Sunday, 5 October 2008

Connected Spaces

It has been an exciting few days for those of us geeky types who follow developments in space exploration. For those of you who would question just why we should have such an interest, I'd urge you to read on. On Sunday, we witnessed the world's first ever privately researched and funded orbital launch. The following day, China became the third nation (after the United States and Russia) to successfully conduct a spacewalk under their own power. These events stand as examples of two of the major trends in modern space exploration; commercialisation and the emerging new space race in Asia. This week also saw the 2008 International Astronautical Congress. The opening day brought talks from the heads of several space agencies, including our own European Space Agency (ESA) as well as the Russians, NASA and of course, the now rather smug Chinese. One significant point of discussion, as reported by Short Sharp Science, perhaps reflects the recent global economic chaos. That topic of course was the cost of space exploration. There's no two ways about it, space exploration is expensive. Getting objects into a low orbit costs in the region of €6000 per kilogram and that's about as cheap as it gets. That cost reflects the sheer energy required to break free of the Earth. Research and development for new vehicles, probes and experiments is very pricey too.
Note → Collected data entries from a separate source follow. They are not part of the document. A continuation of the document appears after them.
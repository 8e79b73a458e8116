//! The commands of the program for deals.

use spec_tool::Which;

/// What a call is asked for. Files go by the words that name them: a contract, its deal file, a chain file, a file of signatures,
/// one of secrets.
#[derive(Drop)]
pub enum DealCommand<'a> {
    /// Prints which lines a deal file needs.
    Keys(&'a str),
    /// Prints scripts, deposits, transactions and digests, and who signs.
    Plan(&'a str, &'a str),
    /// Prints the transactions for signers.
    Psbts(&'a str, &'a str),
    /// Prints one of them.
    Psbt(&'a str, &'a str, Which),
    /// Prints the signatures that aren't there, and whether the initial transaction may be signed.
    Missing(&'a str, &'a str, &'a str),
    /// Prints the signatures that are there.
    Held(&'a str, &'a str, &'a str),
    /// Prints a transaction for the network.
    Finish(&'a str, &'a str, Which, &'a str),
    /// Prints one that may reveal secrets.
    FinishWith(&'a str, &'a str, Which, &'a str, &'a str),
    /// Prints where deposits and payouts go, by a deal file that may lack lines.
    Fund(&'a str, &'a str),
    /// Prints what nodes wouldn't relay.
    Warn(&'a str, &'a str),
    /// Prints it, with the secrets that scripts will show.
    WarnWith(&'a str, &'a str, &'a str),
    /// Prints it, and whether the initial transaction may be signed.
    Ready(&'a str, &'a str, &'a str),
    /// Prints both, with the secrets that scripts will show.
    ReadyWith(&'a str, &'a str, &'a str, &'a str),
    /// Prints the transactions that a party endorses, for signers.
    Endorse(&'a str, &'a str, &'a str),
    /// Prints the hashes of secrets, as lines of a deal file.
    Hashes(&'a str, &'a str),
    /// Prints its plan for people and their wallets, as JSON.
    Show(&'a str, &'a str),
    /// Prints where a deal stands.
    State(&'a str, &'a str, &'a str, &'a str),
    /// Prints it with secrets that the chain doesn't show.
    StateWith(&'a str, &'a str, &'a str, &'a str, &'a str),
}
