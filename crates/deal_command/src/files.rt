//! The files that a command reads.

ghost use Rattle.std.specs.Prelude.{◌≡◌, map, IfOk};
ghost use Rattle.spec_chain.specs.Commands as spec;
ghost use Rattle.tool_shell.specs.Asked.{asked};
ghost use Rattle.deal_command.specs.Seen.{command};

use crate::command::DealCommand;
use spec_data::{MOST_TEXT_BYTES, OutOfMemory};
use std::alloc::Global;

/// The most bytes of a deal file.
const MOST_DEAL_BYTES: usize = 8_388_608;

/// The most bytes of a chain file.
const MOST_CHAIN_BYTES: usize = 8_388_608;

/// The most bytes of a file of signatures.
const MOST_SIGNATURE_BYTES: usize = 8_388_608;

/// The most bytes of a file of secrets.
const MOST_SECRETS_BYTES: usize = 1_048_576;

/// These files.
fn list_of<'a>(
    alloc: Global,
    files: &[(&'a str, usize)],
) -> Result<Vec<(&'a str, usize)>, OutOfMemory>
    ensures { IfOk result (λ v. v.items ≡ files.now) }
{
    Vec::from_slice(alloc, files)
}

/// The files that a command reads, each with the most bytes that it may have, in the order of the words.
pub fn files_of<'a>(
    alloc: Global,
    call: &DealCommand<'a>,
) -> Result<Vec<(&'a str, usize)>, OutOfMemory>
    ensures { IfOk result (λ v. map asked v.items ≡ spec.chain_files (command call.now)) }
{
    match call {
        DealCommand::Keys(contract) => list_of(alloc, &[(contract, MOST_TEXT_BYTES)]),
        DealCommand::Plan(contract, deal)
        | DealCommand::Psbts(contract, deal)
        | DealCommand::Psbt(contract, deal, _)
        | DealCommand::Show(contract, deal)
        | DealCommand::Fund(contract, deal)
        | DealCommand::Warn(contract, deal)
        | DealCommand::Endorse(contract, deal, _) => {
            list_of(
                alloc,
                &[(contract, MOST_TEXT_BYTES), (deal, MOST_DEAL_BYTES)],
            )
        }
        DealCommand::Hashes(contract, secrets) => {
            list_of(
                alloc,
                &[(contract, MOST_TEXT_BYTES), (secrets, MOST_SECRETS_BYTES)],
            )
        }
        DealCommand::WarnWith(contract, deal, secrets) => {
            list_of(
                alloc,
                &[
                    (contract, MOST_TEXT_BYTES),
                    (deal, MOST_DEAL_BYTES),
                    (secrets, MOST_SECRETS_BYTES),
                ],
            )
        }
        DealCommand::Missing(contract, deal, signatures)
        | DealCommand::Held(contract, deal, signatures)
        | DealCommand::Finish(contract, deal, _, signatures)
        | DealCommand::Ready(contract, deal, signatures) => {
            list_of(
                alloc,
                &[
                    (contract, MOST_TEXT_BYTES),
                    (deal, MOST_DEAL_BYTES),
                    (signatures, MOST_SIGNATURE_BYTES),
                ],
            )
        }
        DealCommand::FinishWith(contract, deal, _, signatures, secrets)
        | DealCommand::ReadyWith(contract, deal, signatures, secrets) => {
            list_of(
                alloc,
                &[
                    (contract, MOST_TEXT_BYTES),
                    (deal, MOST_DEAL_BYTES),
                    (signatures, MOST_SIGNATURE_BYTES),
                    (secrets, MOST_SECRETS_BYTES),
                ],
            )
        }
        DealCommand::State(contract, deal, chain, signatures) => {
            list_of(
                alloc,
                &[
                    (contract, MOST_TEXT_BYTES),
                    (deal, MOST_DEAL_BYTES),
                    (chain, MOST_CHAIN_BYTES),
                    (signatures, MOST_SIGNATURE_BYTES),
                ],
            )
        }
        DealCommand::StateWith(contract, deal, chain, signatures, secrets) => {
            list_of(
                alloc,
                &[
                    (contract, MOST_TEXT_BYTES),
                    (deal, MOST_DEAL_BYTES),
                    (chain, MOST_CHAIN_BYTES),
                    (signatures, MOST_SIGNATURE_BYTES),
                    (secrets, MOST_SECRETS_BYTES),
                ],
            )
        }
    }
}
It’s unsurprising then that NASA's annual budget is somewhere in the region of €20 billion; a figure that will likely come under scrutiny now that the USA is in recession. The justifications presented by these representatives perhaps play to what the public are interested in. Every-day personal benefit. NASA's Mike Griffin pointed out the considerable number of technological advancements that arose out of the research needed to go to space. The miniaturisation of electronics being an obvious development that has lead to the various gadgets we have in our homes. He also pointed to weather satellite technology and the satnav network that many of us now use in our cars. The director general of ESA echoed this sentiment, pointing to Columbus in 1492. We couldn't have imagined the gains we would make from exploration until we set off down that path.

Isolation fallacy

I can see why such points are made, but I see them as being just as short sighted as the criticism levelled at space exploration, and manned space travel in particular. It's often claimed by some that we should fix the problems we have here on Earth before we venture into space. Quite how much time it would take for us to eliminate war, famine and poverty I have no idea. But I consider such thinking to be very silly indeed. The reason I say this is because I suspect that part of the drive to "prioritise" our budgets stems from a severe misconception. I call it the isolation fallacy; the mistaken belief that we are meaningfully separate from "space". In other words, many people tend to think of space as a location that is in some manner distinct from Earth. I think they're wrong. We can imagine the universe as a wild landscape. Vast and wide, with mountains and valleys. The Earth sits in a bit of a depression in that landscape. Being in a shallow hole, it can be tricky for us explore the landscape. The only thing that separates us from the rest of the universe are the practical difficulties we face in getting out of that hole. The aforementioned launch costs, the research and development costs and of course safety concerns. However, none of these things affects anything that might want to come in the other direction. Solar flares, gamma ray bursts and bloody big rocks, to name a few. Although these things are extremely rare, they are all things which can wipe out our civilisation irrespective of how we think about the Earth and space. They see no boundary and we're only beginning to understand what risks we face. We need to learn, but what is perhaps equally important is our need to spread.

Go forth

Civilisations can be fragile things. The ancient Greeks floundered. The Roman Empire was sacked. However, despite these individual failings, human civilisation as a whole has proven rather resilient. We h
ave certainly been set back culturally many times. But for every collapsed civilisation there have been others who inherited their knowledge, technologies and philosophy. Who learned from their mistakes, and moved forward once again. Our culture, taken on a worldwide scale, has become extremely robust. Even were modern western civilisation to collapse, it would not set back human culture by much. This robustness is a product of two factors; how far our species has spread and how well we communicate. To destroy our culture would now require the death of pretty much all humans. Even a small remnant could now rapidly regain our lost culture. The previously mentioned threats from outside of Earth certainly hold the potential to land that killing blow. We also now have an unprecedented capacity to destroy ourselves via nuclear war or ecological disaster. There is an imbalance there. Our capacity to destroy ourselves has never been greater, yet we lack the ability to spread ourselves further and thus enhance the stability of our culture and ensure the future of our species. We cannot readily escape Earth, nor can we settle elsewhere in a self-sufficient manner. We have much to learn, and given that we could well annihilate ourselves without help of anything from space, time is of the essence. The manned space programmes of NASA and the Russian and Chinese space agencies represent the only means by which we can learn the lessons needed to achieve those goals. To view their work as some sort of luxury is to entirely underestimate the risks we face and misunderstand what space represents; our only realistic shot at long-term survival.